**Problem to solve:**
Among the entries below, copy every line that carries the word "CELLS".

**Task inputs:**
=== Section Start ===
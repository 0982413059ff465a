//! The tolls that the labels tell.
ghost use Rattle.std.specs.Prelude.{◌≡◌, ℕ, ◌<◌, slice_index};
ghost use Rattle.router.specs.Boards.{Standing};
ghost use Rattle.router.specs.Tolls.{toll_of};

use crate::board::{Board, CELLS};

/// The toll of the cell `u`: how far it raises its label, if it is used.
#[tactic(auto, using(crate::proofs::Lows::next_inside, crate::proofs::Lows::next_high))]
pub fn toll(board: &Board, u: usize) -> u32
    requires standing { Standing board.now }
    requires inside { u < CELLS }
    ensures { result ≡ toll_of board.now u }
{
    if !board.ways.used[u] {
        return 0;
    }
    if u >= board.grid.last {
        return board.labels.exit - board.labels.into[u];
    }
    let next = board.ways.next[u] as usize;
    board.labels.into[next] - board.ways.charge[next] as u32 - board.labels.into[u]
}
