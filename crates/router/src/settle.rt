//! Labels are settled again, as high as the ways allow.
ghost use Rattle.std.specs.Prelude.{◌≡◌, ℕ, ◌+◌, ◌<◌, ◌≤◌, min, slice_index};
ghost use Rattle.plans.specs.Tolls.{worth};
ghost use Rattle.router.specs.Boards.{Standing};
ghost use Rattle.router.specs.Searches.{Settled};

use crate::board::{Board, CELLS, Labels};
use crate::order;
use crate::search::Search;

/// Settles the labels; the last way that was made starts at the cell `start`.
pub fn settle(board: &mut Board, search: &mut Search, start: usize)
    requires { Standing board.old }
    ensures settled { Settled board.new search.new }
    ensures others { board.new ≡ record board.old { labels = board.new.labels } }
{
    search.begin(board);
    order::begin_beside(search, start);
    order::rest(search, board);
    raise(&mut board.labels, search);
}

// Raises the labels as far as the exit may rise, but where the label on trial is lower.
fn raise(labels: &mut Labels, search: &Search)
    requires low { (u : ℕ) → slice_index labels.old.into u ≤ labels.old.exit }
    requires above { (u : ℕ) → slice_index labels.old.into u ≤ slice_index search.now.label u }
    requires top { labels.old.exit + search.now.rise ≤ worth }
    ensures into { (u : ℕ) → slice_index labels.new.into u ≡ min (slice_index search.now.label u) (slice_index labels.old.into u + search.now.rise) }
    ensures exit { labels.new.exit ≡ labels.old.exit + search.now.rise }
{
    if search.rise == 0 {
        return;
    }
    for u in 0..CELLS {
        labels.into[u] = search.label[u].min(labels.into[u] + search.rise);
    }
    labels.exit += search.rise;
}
=== Section End ===
**Reply to the task:**
use crate::board::{Board, CELLS};
    requires inside { u < CELLS }
use crate::board::{Board, CELLS, Labels};
    for u in 0..CELLS {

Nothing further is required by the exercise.